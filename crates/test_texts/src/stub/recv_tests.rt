//! What runs of receive code answer to fragments, and the calls that they take.

ghost use Rattle.std.specs.Prelude.{◌≡◌};
ghost use Rattle.fl_interface.specs.Interface.{interface_of};
ghost use Rattle.fl_machine.specs.Receiving.{HoldsTapes};

use crate::interfaces::interface;
use fl_base::{Frag, MsgNo};
use fl_compile::compile;
use fl_layout::Plans;
use fl_machine::{Fed, RecvRun, law_takes_fragments};
use fl_value::print_call;
use fl_value_data::{Call, PlanNo};
use std::alloc::{AllocError, Global};
use std::test::Fail;

const SHORT: &[u8] = b"interface i { message m(bool b, string s[2]); }";

const BLOB: &[u8] = b"interface i { message blob(string s); message nop(); }";

const MIXED: &[u8] = b"interface i { message m(uint8 a, string s, uint16 b); }";

const PAIRS: &[u8] =
    b"interface i { typedef struct { uint8 a; uint64 b; } t; message m(t x[n, 1024]); }";

const NOTHING: &[u8] = b"interface i { typedef uint8 t; }";

// The eight letters of a word of the text of 49 letters `a`, and the first fragment of its call.
const LETTERS: u64 = 0x6161_6161_6161_6161;

const FIRST: Frag = Frag {
    words: [49, LETTERS, LETTERS, LETTERS, LETTERS, LETTERS, LETTERS],
    control: 2,
};

// A fragment whose control word and first three words are given.
macro_rules! frag {
    ($control:expr; $($word:expr),*) => {
        Frag {
            words: [$($word,)* 0, 0, 0, 0],
            control: $control,
        }
    };
}

// The last fragment of that call, and the one of `nop`.
const LAST: Frag = Frag {
    words: [0x61, 0, 0, 0, 0, 0, 0],
    control: 0,
};

const NOP: Frag = Frag {
    words: [0; 7],
    control: 0x1_0002,
};

// The greatest tape of any call.
fn capacity(plans: &Plans) -> usize
    ensures enough { HoldsTapes plans.now.plan (interface_of plans.now.interface) result }
{
    let mut most = 0;
    for msg in 0..256_u16 {
        if usize::from(msg) < plans.interface.messages.len() {
            most = plans.tape_capacity(MsgNo(msg)).max(most);
        }
    }
    most
}

// A run of an interface's program; fails only where memory runs out.
fn run(alloc: Global, text: &[u8], plan: PlanNo) -> Result<RecvRun, AllocError> {
    let Ok(interface) = interface(alloc, text) else {
        return Err(AllocError);
    };
    let program = compile(alloc, &interface, plan)?;
    let most = capacity(program.plans());
    RecvRun::new(alloc, program, most)
}

// What a run answers: how far the call is, or the fault's number.
type FeedAnswer = Result<Fed, u8>;

fn answer(run: &mut RecvRun, frag: &Frag) -> FeedAnswer {
    match run.feed(frag) {
        Ok(fed) => Ok(fed),
        Err(fault) => Err(fault.number()),
    }
}

// A fragment that is fed, its answer, and whether that is undone.
type FeedStep = (Frag, FeedAnswer, bool);

// Whether a run answers so to fragments, one after another.
fn answers(run: &mut RecvRun, steps: &[FeedStep]) -> bool {
    for (frag, wanted, undone) in steps {
        if answer(run, frag) != *wanted {
            return false;
        }
        if *undone {
            run.undo();
        }
    }
    true
}

// Each is refused inside the call, which then goes on; an epoch and a count told change nothing.
const INSIDE: &[FeedStep] = &[
    (FIRST, Ok(Fed::Part), false),
    (frag!(3; 0x61, 0, 0), Err(61), false),
    (frag!(65_537; 0x61, 0, 0), Err(62), false),
    (frag!(1; 0x6161, 0, 0), Err(63), false),
    (frag!(1; 0, 0, 0), Err(65), false),
    (
        frag!(0xfffa_0000_0000_0001; 0x61, 0, 0),
        Ok(Fed::Whole),
        false,
    ),
    (LAST, Err(60), false),
    (frag!(0xfffa_0000_0001_0003; 0, 0, 0), Ok(Fed::Whole), false),
];

// An undone feed leaves the run as before it, and a refused one after it too.
const UNDONE: &[FeedStep] = &[
    (LAST, Err(60), true),
    (FIRST, Ok(Fed::Part), true),
    (LAST, Err(60), false),
    (FIRST, Ok(Fed::Part), false),
    (LAST, Ok(Fed::Whole), true),
    (FIRST, Err(61), false),
    (LAST, Ok(Fed::Whole), false),
    (LAST, Err(60), false),
    (NOP, Ok(Fed::Whole), true),
    (FIRST, Ok(Fed::Part), true),
    (LAST, Err(60), true),
    (NOP, Ok(Fed::Whole), false),
];

fn is_printed(alloc: Global, call: &Call, name: &[u8], text: &[u8]) -> Result<bool, AllocError> {
    let mut out = Vec::new(alloc);
    print_call(alloc, &mut out, name, &call.args)?;
    Ok(out.as_slice() == text)
}

// Whether a fragment makes a call whole, and it has its text.
fn makes_whole(
    alloc: Global,
    run: &mut RecvRun,
    frag: &Frag,
    whole: &Whole,
) -> Result<bool, AllocError> {
    match run.feed(frag) {
        Ok(Fed::Whole) => {
            let call = run.whole_call(alloc)?;
            is_printed(alloc, &call, whole.name, whole.text)
        }
        _ => Ok(false),
    }
}

// Whether a run goes on with all fragments but the last, and that makes this call whole.
fn gives(alloc: Global, run: &mut RecvRun, whole: &Whole) -> Result<bool, AllocError> {
    let [first @ .., last] = whole.frags else {
        return Ok(false);
    };
    for frag in first {
        if answer(run, frag) != Ok(Fed::Part) {
            return Ok(false);
        }
    }
    makes_whole(alloc, run, last, whole)
}

// A call's fragments, its message's name, and its text.
struct Whole {
    frags: &'static [Frag],
    name: &'static [u8],
    text: &'static [u8],
}

const BLOB_WHOLE: Whole = Whole {
    frags: &[FIRST, LAST],
    name: b"blob",
    text: b"blob(\"aaaaaaaaaaaaaaaaaaaaaaaaaaaaaaaaaaaaaaaaaaaaaaaaa\")",
};

const NOP_WHOLE: Whole = Whole {
    frags: &[NOP],
    name: b"nop",
    text: b"nop()",
};

const PAIRS_WHOLE: Whole = Whole {
    frags: &[
        Frag {
            words: [7, 1, 0xb, 2, 0xc, 3, 0xd],
            control: 2,
        },
        Frag {
            words: [4, 0xe, 5, 0xf, 6, 0x10, 7],
            control: 0,
        },
        Frag {
            words: [0x11, 0, 0, 0, 0, 0, 0],
            control: 0,
        },
    ],
    name: b"m",
    text: b"m([{1, 11}, {2, 12}, {3, 13}, {4, 14}, {5, 15}, {6, 16}, {7, 17}])",
};

const MIXED_ONE: Whole = Whole {
    frags: &[Frag {
        words: [1, 2, 0x6968, 5, 0, 0, 0],
        control: 2,
    }],
    name: b"m",
    text: b"m(1, \"hi\", 5)",
};

const MIXED_TWO: Whole = Whole {
    frags: &[Frag {
        words: [0x1_0005, 2, 0x6968, 0, 0, 0, 0],
        control: 2,
    }],
    name: b"m",
    text: b"m(1, \"hi\", 5)",
};

// The last are first fragments whose second letter can't be one, and one inside no call.
const REFUSED_AFTER_WHOLE: &[FeedStep] = &[
    (FIRST, Ok(Fed::Part), false),
    (LAST, Ok(Fed::Whole), false),
    (NOP, Ok(Fed::Whole), false),
    (frag!(2; 2, 0x61, 0), Err(65), true),
    (frag!(2; 2, 0x61, 0), Err(65), true),
    (LAST, Err(60), false),
];

// An interface's text, a plan, what one run is fed and answers, and the calls that it is fed then.
struct Course(&'static [u8], PlanNo, &'static [FeedStep], &'static [Whole]);

const WHOLES: &[Course] = &[
    Course(
        SHORT,
        PlanNo::One,
        &[(frag!(1; 0, 0, 0), Err(60), false)],
        &[],
    ),
    Course(
        SHORT,
        PlanNo::Two,
        &[(frag!(1; 0, 0, 0), Err(60), false)],
        &[],
    ),
    Course(
        SHORT,
        PlanNo::One,
        &[(frag!(3; 2, 0, 0), Err(65), false)],
        &[],
    ),
    Course(
        SHORT,
        PlanNo::Two,
        &[(frag!(3; 2, 0, 0), Err(65), false)],
        &[],
    ),
    Course(
        SHORT,
        PlanNo::One,
        &[(frag!(3; 1, 3, 0), Err(66), false)],
        &[],
    ),
    Course(
        SHORT,
        PlanNo::Two,
        &[(frag!(3; 1, 3, 0), Err(66), false)],
        &[],
    ),
    Course(
        SHORT,
        PlanNo::One,
        &[(frag!(3; 257, 0, 0), Err(63), false)],
        &[],
    ),
    Course(
        SHORT,
        PlanNo::Two,
        &[(frag!(3; 257, 0, 0), Err(63), false)],
        &[],
    ),
    Course(
        SHORT,
        PlanNo::One,
        &[(frag!(3; 1, 1, 0), Err(65), false)],
        &[],
    ),
    Course(
        SHORT,
        PlanNo::Two,
        &[(frag!(3; 1, 1, 0), Err(65), false)],
        &[],
    ),
    Course(
        SHORT,
        PlanNo::One,
        &[(frag!(11; 0, 0, 0), Err(63), false)],
        &[],
    ),
    Course(
        SHORT,
        PlanNo::Two,
        &[(frag!(11; 0, 0, 0), Err(63), false)],
        &[],
    ),
    Course(
        SHORT,
        PlanNo::One,
        &[(frag!(65_539; 0, 0, 0), Err(62), false)],
        &[],
    ),
    Course(
        SHORT,
        PlanNo::Two,
        &[(frag!(65_539; 0, 0, 0), Err(62), false)],
        &[],
    ),
    Course(
        SHORT,
        PlanNo::One,
        &[(frag!(3; 1, 1, 0x61), Ok(Fed::Whole), false)],
        &[],
    ),
    Course(
        SHORT,
        PlanNo::Two,
        &[(frag!(3; 1, 1, 0x61), Ok(Fed::Whole), false)],
        &[],
    ),
    Course(BLOB, PlanNo::One, INSIDE, &[]),
    Course(BLOB, PlanNo::Two, INSIDE, &[]),
    Course(BLOB, PlanNo::One, UNDONE, &[]),
    Course(BLOB, PlanNo::Two, UNDONE, &[]),
    Course(
        NOTHING,
        PlanNo::One,
        &[(FIRST, Err(62), true), (LAST, Err(60), true)],
        &[],
    ),
    Course(
        NOTHING,
        PlanNo::Two,
        &[(FIRST, Err(62), true), (LAST, Err(60), true)],
        &[],
    ),
    Course(MIXED, PlanNo::One, &[], &[MIXED_ONE]),
    Course(MIXED, PlanNo::Two, &[], &[MIXED_TWO]),
    Course(PAIRS, PlanNo::One, &[], &[PAIRS_WHOLE]),
    Course(PAIRS, PlanNo::Two, &[], &[PAIRS_WHOLE]),
    Course(BLOB, PlanNo::One, &[], &[BLOB_WHOLE, NOP_WHOLE]),
    Course(BLOB, PlanNo::Two, &[], &[BLOB_WHOLE, NOP_WHOLE]),
    // a refused fragment before that changes nothing of what was undone, and a second undo nothing at all
    Course(BLOB, PlanNo::One, REFUSED_AFTER_WHOLE, &[NOP_WHOLE]),
    Course(BLOB, PlanNo::Two, REFUSED_AFTER_WHOLE, &[NOP_WHOLE]),
];

fn gives_all(
    alloc: Global,
    run: &mut RecvRun,
    steps: &[FeedStep],
    wholes: &[Whole],
) -> Result<bool, AllocError> {
    if !answers(run, steps) {
        return Ok(false);
    }
    for whole in wholes {
        if !gives(alloc, run, whole)? {
            return Ok(false);
        }
    }
    Ok(true)
}

impl Course {
    fn is_so(&self, alloc: Global) -> Result<bool, AllocError> {
        let mut run = run(alloc, self.0, self.1)?;
        gives_all(alloc, &mut run, self.2, self.3)
    }
}

#[test]
fn calls_from_their_fragments(rt: HostRuntime) -> Result<(), Fail> {
    law_takes_fragments();
    for row in WHOLES {
        assert!(rt; row.is_so(rt.alloc())?);
    }
    Ok(())
}

// Feeding and undoing take no memory: where each allocation is refused in turn, either the run or the call isn't made, or it
// answers as ever.
#[test]
fn feeding_without_memory(rt: HostRuntime) {
    for row in WHOLES {
        assert!(rt; row.is_so(rt.alloc()) != Ok(false));
    }
}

□ □ □ □

## ASSIGNMENT
Quote verbatim the opening lines of the listing above, ending with the line where "use fl_layout::Plans;" appears; include both endpoints and nothing more.

## WRITTEN ANSWER
filename crates/test_texts/src/stub/recv_tests.rt
//! What runs of receive code answer to fragments, and the calls that they take.

ghost use Rattle.std.specs.Prelude.{◌≡◌};
ghost use Rattle.fl_interface.specs.Interface.{interface_of};
ghost use Rattle.fl_machine.specs.Receiving.{HoldsTapes};

use crate::interfaces::interface;
use fl_base::{Frag, MsgNo};
use fl_compile::compile;
use fl_layout::Plans;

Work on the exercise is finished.